His artists have played in some of the biggest venues around the world—but when he was searching for a more intimate performance space for BTR before they embarked on their summer tour, he turned to his alma mater.
“It was one of those, ‘What are you doing in a week?’ situations,” he
said, when he contacted Student Entertainment Events (SEE). The
surprise concert was free to UMD students, and more than 800 enjoyed the
acoustic show, where the band even pulled him on stage.
He entrusted the last-minute plans to SEE because the student org is where Paul first took on big responsibilities. He went from knowing nothing about booking and catering to bringing in stars as big as Bob Dylan, Run-DMC and Jon Stewart to campus. As the theatre major worked his way up to SEE president, he also developed confidence—and industry connections.
“People and promoters I reached out to as a student, I literally still do business with today,” he said.
After graduating, Paul joined the events team at Capital One Arena, and within two years was director of entertainment, booking all concerts and special events at the 20,000-seat venue. But he found himself seeking a more creative outlet, working more directly with artists to create their shows, rather than executing someone else’s vision.

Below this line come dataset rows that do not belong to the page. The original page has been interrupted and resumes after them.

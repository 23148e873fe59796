// Sets of variables as u64 words: digit v of the word is 1 where Vv is in the set.
#![tactic(auto)]

ghost use Rattle.std.specs.Prelude.{◌≡◌, ◌%◌, ◌^◌};
ghost use Rattle.sets.specs.Sets.{bit, has, only, union, meet, without, inside, size, lowest_of, width};

// The variables that a word has room for.
const WIDTH: usize = 64;

// The variable's digit: 1 where it is in the set, 0 where it is not.
pub fn digit(s: u64, v: usize) -> u64
    ensures { result ≡ bit s v }
{
    if v >= WIDTH {
        return 0;
    }
    (s >> v) % 2
}

// Whether the variable is in the set.
pub fn member(s: u64, v: usize) -> bool
    ensures { result ≡ has s v }
{
    digit(s, v) == 1
}

// The set of the variable alone; empty where a word has no room for it.
pub fn variable(v: usize) -> u64
    ensures { result ≡ only v % 2 ^ width }
{
    if v >= WIDTH {
        return 0;
    }
    1u64 << v
}

// The variables in one set or the other.
pub fn union(s: u64, t: u64) -> u64
    ensures { result ≡ union s t }
{
    s | t
}

// The variables in both sets.
pub fn meet(s: u64, t: u64) -> u64
    ensures { result ≡ meet s t }
{
    s & t
}

// The variables of the set without those that are gone.
pub fn without(s: u64, gone: u64) -> u64
    ensures { result ≡ without s gone }
{
    s - (s & gone)
}

// Whether every variable of the set is among all.
pub fn subset(s: u64, all: u64) -> bool
    ensures { result ≡ inside s all }
{
    (s & all) == s
}

// The number of variables in the set.
pub fn size(s: u64) -> usize
    ensures { result ≡ size s }
{
    s.count_ones() as usize
}

// The lowest variable of the set; WIDTH for the empty set, which the program `ground` prints and `lowest_of` says: trailing zeros, as the rules ask.
pub fn lowest(s: u64) -> usize
    ensures { result ≡ lowest_of s }
{
    s.trailing_zeros() as usize
}
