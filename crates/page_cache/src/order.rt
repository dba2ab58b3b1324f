//! The order of use.
ghost use Rattle.std.specs.Prelude.{◌≡◌, ◌≤◌, ◌+◌, ◌∷◌, IsSome, IfSome, Some, None, IfOk, OnErr, nat_eq, length, reverse, find, option_map};
ghost use Rattle.std.specs.Map.{lookup};
ghost use Rattle.std.specs.Option.{option_map_or};
ghost use Rattle.lru.specs.LruCache.{lru_cache, promoted};
ghost use Rattle.page_cache.specs.Cache.{may_leave, leaving, staying};

use crate::cache::Slot;
use lru::LruCache;
use std::alloc::AllocError;

// Where a page lies, if it is the most recently used one, which takes no search.
fn newest_slot(order: &LruCache<u32, Slot>, page: u32) -> Option<Slot>
    ensures { IfSome result (λ slot. lookup (nat_eq page) order.now.entries ≡ Some slot) }
{
    match order.peek_mru() {
        Some((first, slot)) => { if *first == page { Some(*slot) } else { None } }
        None => None,
    }
}

// Where a page lies that is in memory.
pub(crate) fn slot_of(order: &LruCache<u32, Slot>, page: u32) -> Slot
    requires { IsSome (lookup (nat_eq page) order.now.entries) }
    ensures { lookup (nat_eq page) order.now.entries ≡ Some result }
{
    match newest_slot(order, page) {
        Some(slot) => slot,
        None => *order.peek(&page).unwrap(),
    }
}

// Makes a page the most recently used, and answers its frame; nothing where it is not in memory.
pub(crate) fn touch(order: &mut LruCache<u32, Slot>, page: u32) -> Option<usize>
    ensures frame { result ≡ option_map (λ slot. slot.frame) (lookup (nat_eq page) order.old.entries) }
    ensures used { order.new ≡ lru_cache (promoted (nat_eq page) order.old.entries) order.old.cap }
{
    match order.get(&page) {
        Some(slot) => Some(slot.frame),
        None => None,
    }
}

// The least recently used page that is neither pinned nor dirty.
fn least_used_idle(order: &LruCache<u32, Slot>, dirty: &[u32]) -> Option<(u32, Slot)>
    ensures { result ≡ find (λ e. may_leave dirty.now e.0 e.1.pins) (reverse order.now.entries) }
{
    let mut rest = order.iter();
    while let Some((page, slot)) = rest.next_back() {
        if slot.pins == 0 && !dirty.contains(page) {
            return Some((*page, *slot));
        }
    }
    None
}

// Which page goes when one more comes.
fn leaver(order: &LruCache<u32, Slot>, dirty: &[u32], frames: usize) -> Option<(u32, Slot)>
    ensures { result ≡ leaving frames (λ e. may_leave dirty.now e.0 e.1.pins) order.now.entries }
{
    if order.len() == frames {
        least_used_idle(order, dirty)
    } else {
        None
    }
}

// Takes a page into the order, and lets another go where each frame is taken. It answers the frame.
pub(crate) fn take_in(
    order: &mut LruCache<u32, Slot>,
    dirty: &[u32],
    frames: usize,
    page: u32,
) -> Result<usize, AllocError>
    requires new { lookup (nat_eq page) order.old.entries ≡ None }
    requires fit { length order.old.entries ≤ frames }
    requires room { order.old.cap ≡ frames + 1 }
    ensures frame { let goes = leaving frames (λ e. may_leave dirty.now e.0 e.1.pins) order.old.entries in
        IfOk result (λ frame. frame ≡ option_map_or (λ e. e.1.frame) goes (length order.old.entries)) }
    ensures entries { let goes = leaving frames (λ e. may_leave dirty.now e.0 e.1.pins) order.old.entries in
        IfOk result (λ frame. order.new ≡ lru_cache ((page, record { frame = frame; pins = 0 }) ∷ staying goes order.old.entries) order.old.cap) }
    ensures kept { OnErr result (order.new ≡ order.old) }
{
    let goes = leaver(order, dirty, frames);
    let frame = match goes {
        Some((_, slot)) => slot.frame,
        None => order.len(),
    };
    order.put(page, Slot { frame, pins: 0 })?;
    if let Some((other, _)) = goes {
        order.pop(&other);
    }
    Ok(frame)
}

A chance meeting with famed entertainment executive Irving Azoff—named Billboard’s most powerful person in the music industry in 2012—led Paul to “chase down” the opportunity. Azoff offered him a job at his company, so Paul packed up for Los Angeles, where he worked with the likes of Christina Aguilera and Journey before striking out on his own in 2015.
Paul likens managing to being the CEO of a company, where the artist is the founder. “It’s their vision and their baby, but you need someone to run the day-to-day operations,” said Paul, who oversees record labels, merchandising and touring, and liaises with lawyers and accountants. “I’m the central spoke that helps everyone talk and mobilize.”
He’s frequently on the road, making sure his clients’ latest movie premiere or cruise with fans is a triumph. He just returned from a frenzied Latin American swing with BTR, where “audiences are like nothing you’ve ever seen,” he said, following the band en masse from airport to hotel to concert. He’s proud of reinvigorating careers of throwback bands like NKOTB, as well as shepherding the success of those who have been with him since their earliest days, such as DWTS breakout star Julianne Hough and Michele, who’s now starring in the musical “Funny Girl” on Broadway.
He urges students at the University of Maryland who hope to follow in his footsteps to seek the guidance of supportive faculty and staff like Stamp Director Marsha Guenzler-Stevens and Associate Director Donna Lim, who previously advised SEE, and to explore all the creative extracurriculars across campus.
“You’re really missing out if you don’t take full advantage,” Paul said. “I embraced it and I was able to trade up, and one thing led to the next. If it weren’t for that initial jump-off, I don’t know where I would have started.”